> **WHAT IS BEING ASKED**
Print nothing but the lines below starting at the line that holds "(if result.tiny then" and ending at the line that holds "Begins (option_to_list (option_map", including both, each exactly as written.

> **EXTRACTED ENTRIES**
**********
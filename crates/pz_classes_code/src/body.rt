use crate::{Code, Step};
use pz_syntax::pz_items::{Items, Shared};

/// The body of a method. `locals` is how many inputs, outputs and locals there are; they are
/// numbered in this order.
#[derive(Drop)]
pub enum Body {
    Data {
        locals: u32,
        code: Items<Code>,
    },
    Process {
        locals: u32,
        stmts: Shared<Items<Step>>,
    },
}
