/// `significand * 2^place` quanta with that sign, built according to what is known about them.
#[inline(always)]
fn value_of(shape: Shape, known: Known, negative: bool, significand: u128, place: u32) -> Unpacked
    requires fits { significand < 2 ^ shape.precision }
    requires near { place ≤ place_bound }
    requires within { significand * 2 ^ place ≤ largest (format_at shape) }
    requires normal { known ≡ Known.Normal → 2 ^ (shape.precision - 1) ≤ significand }
    ensures stored { IsStored shape result }
    ensures datum { datum_at shape result
        ≡ signed_quanta shape.nonfinite negative (significand * 2 ^ place) }
{
    match known {
        Known::Normal => from_full_quanta(shape, negative, significand, place),
        Known::Nothing => from_rounded_quanta(shape, negative, significand, place),
    }
}

/// The significand that a mode picks for a cut, and its status if the result is within the format.
#[derive(Clone, Copy)]
struct Picked {
    significand: u128,
    tiny: bool,
    status: Status,
}

/// Picks the kept digits or the next number after them, with the status of a rounding within the format.
#[inline(always)]
fn pick_with_status(shape: Shape, known: Known, cut: Cut, mode: Round, negative: bool) -> Picked
    requires fits { cut.significand < 2 ^ shape.precision }
    requires rest { cut.rest < 2 * cut.half }
    requires normal { known ≡ Known.Normal → 2 ^ (shape.precision - 1) ≤ cut.significand }
    ensures value { result.significand ≡ (if rounds_up mode negative (loss_at cut.rest cut.half)
        (eqb (cut.significand % 2) 1) then cut.significand + 1 else cut.significand) }
    ensures bound { result.significand ≤ cut.significand + 1 }
    ensures above { cut.significand ≤ result.significand }
    ensures tiny { (amount parts : ℕ) → 0 < parts → IsCut shape.precision cut amount parts
        → IsFineCut (format_at shape) cut amount parts
        → (cut.place ≡ 0) ⊎ (2 ^ (shape.precision - 1) ≤ result.significand)
        → is_tiny (format_at shape) mode negative amount parts (result.significand * 2 ^ cut.place)
        ≡ result.tiny }
    ensures exact { cut.rest ≡ 0 → bits_of result.status ≡ ok_bits }
    ensures inexact { (cut.rest ≡ 0 → ⊥) → bits_of result.status
        ≡ (if result.tiny then underflow_bit + inexact_bit else inexact_bit) }
{
    let significand = pick(shape.precision, cut, mode, negative);
    let tiny = is_tiny(shape, known, cut, significand, mode, negative);
    Picked {
        significand,
        tiny,
        status: status_within(cut.rest, tiny),
    }
}
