//! How objects begin, by the bytes of the record that is named, where one is.

ghost use Rattle.std.specs.Prelude.{◌≡◌, IfErr, IfOk, option_map, option_to_list};
ghost use Rattle.ob_answer_explained.specs.Beginnings.{Begins, TellsNoneOf, begun_with};
ghost use Rattle.ob_object_compile.specs.View.{beginning_of};

use ob_carry::fields_by_name::NamedField;
use ob_object_compile::Beginning;
use ob_text_values_reading::{ValuesFault, read_values};
use std::alloc::Global;

/// The values with which an object is to begin, where a record is named.
pub fn values_in(
    alloc: Global,
    from: &Option<Vec<u8>>,
) -> Result<Option<Vec<NamedField>>, ValuesFault>
    ensures begins { IfOk result (λ values.
        Begins (option_to_list (option_map (λ bytes. bytes.items) from.now)) (begun_with (option_map (λ values. values.items) values))) }
    ensures none { IfErr result (TellsNoneOf (option_to_list (option_map (λ bytes. bytes.items) from.now))) }
{
    match from {
        None => Ok(None),
        Some(bytes) => match read_values(alloc, bytes.as_slice()) {
            Ok(values) => Ok(Some(values)),
            Err(fault) => Err(fault),
        },
    }
}

/// How an object begins: by its module's body, or with these values.
pub fn begun_with(values: &Option<Vec<NamedField>>) -> Beginning<'_>
    ensures { beginning_of result ≡ begun_with (option_map (λ values. values.items) values.now) }
{
    match values {
        None => Beginning::Body,
        Some(values) => Beginning::Carried(values.as_slice()),
    }
}
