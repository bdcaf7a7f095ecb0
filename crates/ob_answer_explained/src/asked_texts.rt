//! Commands on calls and on runs, with the texts of their files and the object that is asked for.

ghost use Rattle.std.specs.Prelude.{◌≡◌, [], option_map, option_to_list, unwrap_or};
ghost use Rattle.ob_answer_explained.specs.Beginnings.{begun_with};
ghost use Rattle.ob_answer_explained.specs.CommandTexts.{calls_begun_with, calls_texts_of, first_or_none, run_begun_with, run_texts_of};

use crate::record_opening::begun_with;
use ob_answer_files::file_reading::{CallsBytes, RunBytes};
use ob_carry::fields_by_name::NamedField;
use ob_command::command::{CallsCommand, RunCommand};
use ob_object_compile::Asked;
use ob_object_perform::Texts;

/// A command on calls: what is asked for, the text of the script, and the text of the record with whose values the object begins,
/// which is empty where none is named.
#[derive(Clone, Copy)]
pub struct Calls<'a> {
    pub command: CallsCommand<'a>,
    pub asked: Asked<'a>,
    pub script: &'a [u8],
    pub record_text: &'a [u8],
}

/// A command on a run: its texts, and the text of the record, as of calls.
#[derive(Clone, Copy)]
pub struct Run<'a> {
    pub command: RunCommand<'a>,
    pub texts: Texts<'a>,
    pub record_text: &'a [u8],
}

/// A command on calls with the bytes of its files, and the values with which the object begins, where there are some.
pub fn calls_with<'a>(
    command: CallsCommand<'a>,
    bytes: &'a CallsBytes,
    values: &'a Option<Vec<NamedField>>,
) -> Calls<'a>
    ensures { calls_texts_of result ≡ calls_begun_with command.entry bytes.now (begun_with (option_map (λ list. list.items) values.now)) }
{
    let beginning = begun_with(values);
    let asked = Asked {
        text: bytes.text.as_slice(),
        processes: command.processes,
        budget: u64::from(command.budget),
        beginning,
    };
    Calls {
        command,
        asked,
        script: bytes.script.as_slice(),
        record_text: bytes_or_none(&bytes.from),
    }
}

/// The same of a command on a run.
pub fn run_with<'a>(
    command: RunCommand<'a>,
    bytes: &'a RunBytes,
    values: &'a Option<Vec<NamedField>>,
) -> Run<'a>
    ensures { run_texts_of result ≡ run_begun_with command.entry bytes.now (begun_with (option_map (λ list. list.items) values.now)) }
{
    let beginning = begun_with(values);
    let asked = Asked {
        text: bytes.text.as_slice(),
        processes: command.calls.processes,
        budget: u64::from(command.calls.budget),
        beginning,
    };
    let texts = Texts {
        asked,
        scripts: bytes.script.as_slice(),
        schedule: bytes.schedule.as_slice(),
    };
    Run {
        command,
        texts,
        record_text: bytes_or_none(&bytes.from),
    }
}

/// The bytes of a file; nothing where none is named.
pub fn bytes_or_none(bytes: &Option<Vec<u8>>) -> &[u8]
    ensures { result.now ≡ first_or_none (option_to_list (option_map (λ file_bytes. file_bytes.items) bytes.now)) }
{
    match bytes {
        Some(bytes) => bytes.as_slice(),
        None => b"",
    }
}

/// The name of a file; nothing where none is named.
pub fn name_or_none<'a>(name: Option<&'a str>) -> &'a str
    ensures { result.now ≡ unwrap_or (option_map (λ name. name.now) name.entry) [] }
{
    match name {
        Some(name) => name,
        None => "",
    }
}
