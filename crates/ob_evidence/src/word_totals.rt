//! Words of types and of variables, where they are more than there may be.

ghost use Rattle.std.specs.Prelude.{◌≡◌, IfOk};
ghost use Rattle.ob_evidence.specs.Sites.{scene_of};
ghost use Rattle.ob_evidence.specs.Words.{are_told, beyond, is_counted, is_in_procedure, is_procedure_kind, is_type_there, most_words, told_words, words_there};

use crate::text_site::{Site, is_kind};
use ob_explain_tokens::parens::is_in_parens;
use ob_explain_words::declared_words::{words_of_type, words_with};
use ob_scan::Kind;
use std::alloc::{AllocError, Global};

/// The most words of a type.
const LARGEST_TYPE: usize = 4096;

/// The words of the type at the place, or of the variables of its scope up to the one at the place, where they are too many.
pub fn words_there(alloc: Global, site: &Site<'_, '_>) -> Result<Option<usize>, AllocError>
    ensures { IfOk result (λ words. words ≡ words_there (scene_of site.now)) }
{
    if is_type_there(site) {
        let words = words_of_type(alloc, site.text, site.tokens, site.known, site.place)?;
        Ok(beyond(LARGEST_TYPE, words))
    } else if is_counted(site) {
        let words = words_with(alloc, site.text, site.tokens, site.known, site.place)?;
        Ok(beyond(most_words(is_in_procedure(site)), words))
    } else {
        Ok(None)
    }
}

/// Whether a type stands at the place.
fn is_type_there(site: &Site<'_, '_>) -> bool
    ensures { result ≡ is_type_there (scene_of site.now) }
{
    is_kind(site.here(), Kind::Array) || is_kind(site.here(), Kind::Record)
}

/// Whether the words of variables are counted there: no type stands there, no name of a procedure and no parameter.
pub fn is_counted(site: &Site<'_, '_>) -> bool
    ensures { result ≡ is_counted (scene_of site.now) }
{
    !is_type_there(site) && (!is_kind(site.last(), Kind::Procedure) && !is_in_parens(site.before))
}

/// Whether a PROCEDURE stands before the place.
pub fn is_in_procedure(site: &Site<'_, '_>) -> bool
    ensures { result ≡ is_in_procedure (scene_of site.now) }
{
    site.before
        .iter()
        .any(|token| is_procedure_kind(token.kind))
}

fn is_procedure_kind(kind: Kind) -> bool
    ensures { result ≡ is_procedure_kind kind }
{
    matches!(kind, Kind::Procedure)
}

/// The most words of the variables of a procedure or of the module.
fn most_words(in_procedure: bool) -> usize
    ensures { result ≡ most_words in_procedure }
{
    if in_procedure { 1024 } else { 4096 }
}

/// A count, where it is more than there may be.
fn beyond(most: usize, words: Option<usize>) -> Option<usize>
    ensures { result ≡ beyond most words }
{
    match words {
        Some(words) if most < words => Some(words),
        _ => None,
    }
}

/// Whether a count is told.
pub fn are_told(words: Option<usize>) -> bool
    ensures { result ≡ are_told words }
{
    match words {
        Some(_) => true,
        None => false,
    }
}

/// A count; 0 where none is told.
pub fn told_words(words: Option<usize>) -> usize
    ensures { result ≡ told_words words }
{
    match words {
        Some(words) => words,
        None => 0,
    }
}
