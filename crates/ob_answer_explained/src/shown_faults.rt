//! Faults as people read them: at their places, or else by their lines.

ghost use Rattle.std.specs.Prelude.{◌≡◌, IfOk, option_map, string_bytes};
ghost use Rattle.ob_answer_explained.specs.CommandTexts.{named_source};
ghost use Rattle.ob_answer_explained.specs.Explains.{IsShownOr, IsValuesFaultTold};
ghost use Rattle.ob_explained.specs.ExplainedValues.{IsCarryExplanation};
ghost use Rattle.ob_answer_files.specs.ShownNames.{shown};
ghost use Rattle.ob_text_values_reading.specs.ReadValues.{SaysNone};

use crate::asked_texts::name_or_none;
use ob_answer_files::answered::{Answer, refused};
use ob_answer_files::shown_name::push_name;
use ob_carry::carrying::CarryFault;
use ob_explained::{Source, carry_explanation, values_explanation};
use ob_fault_lines::values_faults::values_fault_line;
use ob_interface::NoMemory;
use ob_text_values_reading::ValuesFault;
use std::alloc::{AllocError, Global};

/// A file's name as it is shown.
pub fn shown_name(alloc: Global, name: &str) -> Result<String, AllocError>
    ensures { IfOk result (λ text. string_bytes text ≡ shown name.now) }
{
    let mut text = String::new(alloc);
    push_name(&mut text, name)?;
    Ok(text)
}

/// The answer of what is shown of a fault, or else of its line.
pub fn shown_or(alloc: Global, told: Option<String>, line: String) -> Result<Answer, AllocError>
    ensures { IfOk result (λ a. IsShownOr (string_bytes line) (option_map string_bytes told) a) }
{
    match told {
        Some(text) => Ok(Answer::refused(alloc, 1, text)),
        None => refused(alloc, line),
    }
}

/// What is shown of a fault of the values of a record, of the name of its file, if it is named, and of its text.
pub(crate) fn carry_shown(
    alloc: Global,
    name: Option<&str>,
    record_text: &[u8],
    fault: CarryFault,
) -> Result<Option<String>, AllocError>
    ensures { IfOk result (λ told. IsCarryExplanation (named_source (option_map (λ n. n.now) name.entry) record_text.now) fault (option_map string_bytes told)) }
{
    let shown = shown_name(alloc, name_or_none(name))?;
    let source = Source {
        name: &shown,
        text: record_text,
    };
    carry_explanation(alloc, source, fault)
}

/// The answer to a record that tells no values, whose faults are shown or not.
pub fn values_wrong(
    alloc: Global,
    is_shown: bool,
    name: Option<&str>,
    record_text: &[u8],
    fault: ValuesFault,
) -> Result<Answer, NoMemory>
    ensures fault { IfOk result (λ a. IsValuesFaultTold is_shown (named_source (option_map (λ n. n.now) name.entry) record_text.now) fault a) }
    ensures memory { IfOk result (λ _. SaysNone fault) }
{
    if let ValuesFault::NoMemory = fault {
        return Err(NoMemory);
    }
    let line = values_fault_line(alloc, fault)?;
    if !is_shown {
        return Ok(refused(alloc, line)?);
    }
    let shown = shown_name(alloc, name_or_none(name))?;
    let source = Source {
        name: &shown,
        text: record_text,
    };
    let told = values_explanation(alloc, source, fault)?;
    Ok(shown_or(alloc, told, line)?)
}
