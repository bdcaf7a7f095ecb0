//! How many processes may share an object.

ghost use Rattle.std.specs.Prelude.{◌≡◌};
ghost use Rattle.ob_interface.specs.Processes.{most_processes};

/// The most processes of an object.
pub const MOST_PROCESSES: usize = 16;

/// The code's number of the most processes is that of the definitions.
pub fn most_processes()
    ensures { MOST_PROCESSES ≡ most_processes }
{}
**********
> **OUTPUT FOR THIS EXERCISE**
        ≡ (if result.tiny then underflow_bit + inexact_bit else inexact_bit) }
{
    let significand = pick(shape.precision, cut, mode, negative);
    let tiny = is_tiny(shape, known, cut, significand, mode, negative);
    Picked {
        significand,
        tiny,
        status: status_within(cut.rest, tiny),
    }
}
//! How objects begin, by the bytes of the record that is named, where one is.

ghost use Rattle.std.specs.Prelude.{◌≡◌, IfErr, IfOk, option_map, option_to_list};
ghost use Rattle.ob_answer_explained.specs.Beginnings.{Begins, TellsNoneOf, begun_with};
ghost use Rattle.ob_object_compile.specs.View.{beginning_of};

use ob_carry::fields_by_name::NamedField;
use ob_object_compile::Beginning;
use ob_text_values_reading::{ValuesFault, read_values};
use std::alloc::Global;

/// The values with which an object is to begin, where a record is named.
pub fn values_in(
    alloc: Global,
    from: &Option<Vec<u8>>,
) -> Result<Option<Vec<NamedField>>, ValuesFault>
    ensures begins { IfOk result (λ values.
        Begins (option_to_list (option_map (λ bytes. bytes.items) from.now)) (begun_with (option_map (λ values. values.items) values))) }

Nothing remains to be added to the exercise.